*REQUIRED WORK*:
Without leaving out a single line, copy the records exactly.
──────── INFORMATION ────────
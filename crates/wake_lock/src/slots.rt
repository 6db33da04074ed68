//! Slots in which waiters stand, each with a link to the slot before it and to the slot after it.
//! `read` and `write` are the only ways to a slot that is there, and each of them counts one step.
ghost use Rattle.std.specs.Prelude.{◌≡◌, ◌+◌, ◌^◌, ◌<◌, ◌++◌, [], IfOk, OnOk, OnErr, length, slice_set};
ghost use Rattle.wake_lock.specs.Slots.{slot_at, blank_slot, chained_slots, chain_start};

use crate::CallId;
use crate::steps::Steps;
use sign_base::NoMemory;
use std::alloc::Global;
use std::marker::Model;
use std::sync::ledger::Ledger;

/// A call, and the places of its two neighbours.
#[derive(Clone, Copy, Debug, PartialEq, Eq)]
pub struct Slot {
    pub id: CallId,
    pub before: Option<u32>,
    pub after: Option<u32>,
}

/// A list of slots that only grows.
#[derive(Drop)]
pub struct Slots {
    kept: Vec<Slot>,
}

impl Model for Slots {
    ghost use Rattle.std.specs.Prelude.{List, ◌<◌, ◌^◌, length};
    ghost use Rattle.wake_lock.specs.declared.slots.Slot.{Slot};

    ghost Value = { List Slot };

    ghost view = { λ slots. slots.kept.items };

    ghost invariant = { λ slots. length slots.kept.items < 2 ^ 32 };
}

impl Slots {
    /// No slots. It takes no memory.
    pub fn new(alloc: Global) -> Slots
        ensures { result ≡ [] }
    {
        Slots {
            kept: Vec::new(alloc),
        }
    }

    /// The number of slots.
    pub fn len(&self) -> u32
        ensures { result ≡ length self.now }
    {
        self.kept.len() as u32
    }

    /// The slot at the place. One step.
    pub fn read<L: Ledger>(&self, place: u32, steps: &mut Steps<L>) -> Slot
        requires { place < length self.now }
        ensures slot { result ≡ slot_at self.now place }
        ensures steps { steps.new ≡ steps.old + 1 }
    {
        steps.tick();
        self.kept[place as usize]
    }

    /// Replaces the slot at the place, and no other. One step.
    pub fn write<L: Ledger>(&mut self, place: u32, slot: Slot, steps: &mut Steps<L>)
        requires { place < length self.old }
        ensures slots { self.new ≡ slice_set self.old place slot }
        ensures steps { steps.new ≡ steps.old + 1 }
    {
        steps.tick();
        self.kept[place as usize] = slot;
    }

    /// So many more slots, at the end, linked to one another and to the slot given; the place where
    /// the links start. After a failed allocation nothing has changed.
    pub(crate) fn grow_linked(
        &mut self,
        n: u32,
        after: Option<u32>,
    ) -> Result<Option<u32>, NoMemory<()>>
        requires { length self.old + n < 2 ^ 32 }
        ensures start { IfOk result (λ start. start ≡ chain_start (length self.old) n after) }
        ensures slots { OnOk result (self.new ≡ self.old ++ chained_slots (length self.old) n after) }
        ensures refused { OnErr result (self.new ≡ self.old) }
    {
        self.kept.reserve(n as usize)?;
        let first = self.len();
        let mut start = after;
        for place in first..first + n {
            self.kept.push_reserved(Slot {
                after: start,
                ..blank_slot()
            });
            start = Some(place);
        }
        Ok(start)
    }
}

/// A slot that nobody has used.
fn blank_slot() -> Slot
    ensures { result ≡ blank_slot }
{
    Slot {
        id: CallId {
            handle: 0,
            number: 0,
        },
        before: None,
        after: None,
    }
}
────────
*TASK RESPONSE*:
filename crates/wake_lock/src/slots.rt
repository 6db33da04074ed68
//! Slots in which waiters stand, each with a link to the slot before it and to the slot after it.
//! `read` and `write` are the only ways to a slot that is there, and each of them counts one step.
ghost use Rattle.std.specs.Prelude.{◌≡◌, ◌+◌, ◌^◌, ◌<◌, ◌++◌, [], IfOk, OnOk, OnErr, length, slice_set};
ghost use Rattle.wake_lock.specs.Slots.{slot_at, blank_slot, chained_slots, chain_start};

use crate::CallId;
use crate::steps::Steps;
use sign_base::NoMemory;
use std::alloc::Global;
use std::marker::Model;
use std::sync::ledger::Ledger;

/// A call, and the places of its two neighbours.
#[derive(Clone, Copy, Debug, PartialEq, Eq)]
pub struct Slot {
    pub id: CallId,
    pub before: Option<u32>,
    pub after: Option<u32>,
}

/// A list of slots that only grows.
#[derive(Drop)]
pub struct Slots {
    kept: Vec<Slot>,
}

impl Model for Slots {
    ghost use Rattle.std.specs.Prelude.{List, ◌<◌, ◌^◌, length};
    ghost use Rattle.wake_lock.specs.declared.slots.Slot.{Slot};

    ghost Value = { List Slot };

    ghost view = { λ slots. slots.kept.items };

    ghost invariant = { λ slots. length slots.kept.items < 2 ^ 32 };
}

impl Slots {
    /// No slots. It takes no memory.
    pub fn new(alloc: Global) -> Slots
        ensures { result ≡ [] }
    {
        Slots {
            kept: Vec::new(alloc),
        }
    }

    /// The number of slots.
    pub fn len(&self) -> u32
        ensures { result ≡ length self.now }
    {
        self.kept.len() as u32
    }

    /// The slot at the place. One step.
    pub fn read<L: Ledger>(&self, place: u32, steps: &mut Steps<L>) -> Slot
        requires { place < length self.now }
        ensures slot { result ≡ slot_at self.now place }
        ensures steps { steps.new ≡ steps.old + 1 }
    {
        steps.tick();
        self.kept[place as usize]
    }

    /// Replaces the slot at the place, and no other. One step.
    pub fn write<L: Ledger>(&mut self, place: u32, slot: Slot, steps: &mut Steps<L>)
        requires { place < length self.old }
        ensures slots { self.new ≡ slice_set self.old place slot }
        ensures steps { steps.new ≡ steps.old + 1 }
    {
        steps.tick();
        self.kept[place as usize] = slot;
    }

    /// So many more slots, at the end, linked to one another and to the slot given; the place where
    /// the links start. After a failed allocation nothing has changed.
    pub(crate) fn grow_linked(
        &mut self,
        n: u32,
        after: Option<u32>,
    ) -> Result<Option<u32>, NoMemory<()>>
        requires { length self.old + n < 2 ^ 32 }
        ensures start { IfOk result (λ start. start ≡ chain_start (length self.old) n after) }
        ensures slots { OnOk result (self.new ≡ self.old ++ chained_slots (length self.old) n after) }
        ensures refused { OnErr result (self.new ≡ self.old) }
    {
        self.kept.reserve(n as usize)?;
        let first = self.len();
        let mut start = after;
        for place in first..first + n {
            self.kept.push_reserved(Slot {
                after: start,
                ..blank_slot()
            });
            start = Some(place);
        }
        Ok(start)
    }
}

/// A slot that nobody has used.
fn blank_slot() -> Slot
    ensures { result ≡ blank_slot }
{
    Slot {
        id: CallId {
            handle: 0,
            number: 0,
        },
        before: None,
        after: None,
    }
}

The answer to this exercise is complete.